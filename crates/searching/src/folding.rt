//! Texts folded for a search.

ghost use Rattle.std.specs.Prelude.{◌≡◌, ◌<◌, ◌++◌, [], ◌∷◌, length, map, IfOk, OnOk, MatchOption, chars};
ghost use Rattle.unicode_normalization.specs.Forms.{nfkd};
ghost use Rattle.searching.specs.Folding.{
  apostrophes,
  folded as folded_of,
  folded_name,
  folded_text,
  is_mark as mark_test,
  kept,
  letters_of,
  plain_letters as plain_letters_of,
  unslashed,
};

use std::alloc::{AllocError, Global};
use ucd_case::full_folding;
use ucd_category::GeneralCategory;
use unicode_normalization::slice::extend_nfkd;

/// A text as a search compares it.
pub(crate) fn text(alloc: Global, text: &str) -> Result<Vec<char>, AllocError>
    ensures { IfOk result (λ v. v.items ≡ folded_text (chars text.now)) }
{
    let decomposed = decomposed(alloc, text)?;
    folded(alloc, &decomposed)
}

/// The name of a person as a search compares it.
pub(crate) fn name(alloc: Global, name: &str) -> Result<Vec<char>, AllocError>
    ensures { IfOk result (λ v. v.items ≡ folded_name (chars name.now)) }
{
    let decomposed = decomposed(alloc, name)?;
    let joined = without_slashes(alloc, &decomposed)?;
    folded(alloc, &joined)
}

/// The characters of the text in NFKD (The Unicode Standard, section 3.11).
fn decomposed(alloc: Global, text: &str) -> Result<Vec<char>, AllocError>
    ensures { IfOk result (λ v. v.items ≡ nfkd (chars text.now)) }
{
    let characters: Vec<char> = text.chars().collect(alloc)?;
    let mut decomposed = Vec::new(alloc);
    extend_nfkd(&mut decomposed, &characters)?;
    Ok(decomposed)
}

/// Each slash made an apostrophe.
fn without_slashes(alloc: Global, characters: &[char]) -> Result<Vec<char>, AllocError>
    ensures { IfOk result (λ v. v.items ≡ map unslashed characters.now) }
{
    let mut out = Vec::new(alloc);
    'each: for character in characters {
        out.push(without_slash(*character))?;
    }
    Ok(out)
}

#[tactic(auto, unfolding(crate::specs::Folding::unslashed))]
fn without_slash(c: char) -> char
    ensures { result ≡ unslashed c }
{
    if c == '/' { '\'' } else { c }
}

fn folded(alloc: Global, characters: &[char]) -> Result<Vec<char>, AllocError>
    ensures { IfOk result (λ v. v.items ≡ folded_of characters.now) }
{
    let mut out = Vec::new(alloc);
    let mut rest = characters;
    'each: while let Some((first, after)) = next(rest) {
        push_letters(&mut out, first)?;
        rest = after;
    }
    Ok(out)
}

/// The next character and what follows it, where a space with an acute accent is an apostrophe.
fn next(characters: &[char]) -> Option<(char, &[char])>
    ensures { MatchOption result (characters.now ≡ [])
        (λ x. (apostrophes characters.now ≡ x.0 ∷ apostrophes x.1.now) × (length x.1.now < length characters.now)) }
{
    match characters {
        [' ', '\u{301}', after @ ..] => Some(('\'', after)),
        [first, after @ ..] => Some((*first, after)),
        [] => None,
    }
}

/// One more character, made plain, folded, and left out where it is a mark.
fn push_letters(out: &mut Vec<char>, c: char) -> Result<(), AllocError>
    ensures { OnOk result (out.new.items ≡ out.old.items ++ kept (letters_of c)) }
{
    let letters = plain_letters(c);
    if letters.is_empty() {
        return push_folded(out, c);
    }
    push_all(out, letters)
}

fn push_all(out: &mut Vec<char>, letters: &[char]) -> Result<(), AllocError>
    ensures { OnOk result (out.new.items ≡ out.old.items ++ kept letters.now) }
{
    'each: for letter in letters {
        push_folded(out, *letter)?;
    }
    Ok(())
}

/// One more character, folded, and left out where it is a mark.
fn push_folded(out: &mut Vec<char>, c: char) -> Result<(), AllocError>
    ensures { OnOk result (out.new.items ≡ out.old.items ++ kept (c ∷ [])) }
{
    if is_mark(c) {
        return Ok(());
    }
    let folded = full_folding(c);
    if folded.is_empty() {
        out.push(c)?;
        return Ok(());
    }
    out.extend_from_slice(folded)
}

#[tactic(auto, unfolding(crate::specs::Folding::is_mark))]
fn is_mark(c: char) -> bool
    ensures { result ≡ mark_test c }
{
    GeneralCategory::for_char(c).number() == GeneralCategory::NonspacingMark.number()
}

/// What a letter is looked up as that Unicode does not take apart; nothing for all others.
#[tactic(auto, unfolding(crate::specs::Folding::plain_letters))]
fn plain_letters(c: char) -> &'static [char]
    ensures { result.now ≡ plain_letters_of c }
{
    match c {
        'Ø' | 'ø' => &['o'],
        'Ł' | 'ł' => &['l'],
        'Đ' | 'đ' | 'Ð' | 'ð' => &['d'],
        'Þ' | 'þ' => &['t', 'h'],
        'Æ' | 'æ' => &['a', 'e'],
        'Œ' | 'œ' => &['o', 'e'],
        'ı' => &['i'],
        _ => &[],
    }
}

• [BRIEF] Begin at the first line of the records above and quote every line verbatim through the one that contains "person as a search compares it.".

• [RESPONSE]
filename crates/searching/src/folding.rt
//! Texts folded for a search.

ghost use Rattle.std.specs.Prelude.{◌≡◌, ◌<◌, ◌++◌, [], ◌∷◌, length, map, IfOk, OnOk, MatchOption, chars};
ghost use Rattle.unicode_normalization.specs.Forms.{nfkd};
ghost use Rattle.searching.specs.Folding.{
  apostrophes,
  folded as folded_of,
  folded_name,
  folded_text,
  is_mark as mark_test,
  kept,
  letters_of,
  plain_letters as plain_letters_of,
  unslashed,
};

use std::alloc::{AllocError, Global};
use ucd_case::full_folding;
use ucd_category::GeneralCategory;
use unicode_normalization::slice::extend_nfkd;

/// A text as a search compares it.
pub(crate) fn text(alloc: Global, text: &str) -> Result<Vec<char>, AllocError>
    ensures { IfOk result (λ v. v.items ≡ folded_text (chars text.now)) }
{
    let decomposed = decomposed(alloc, text)?;
    folded(alloc, &decomposed)
}

/// The name of a person as a search compares it.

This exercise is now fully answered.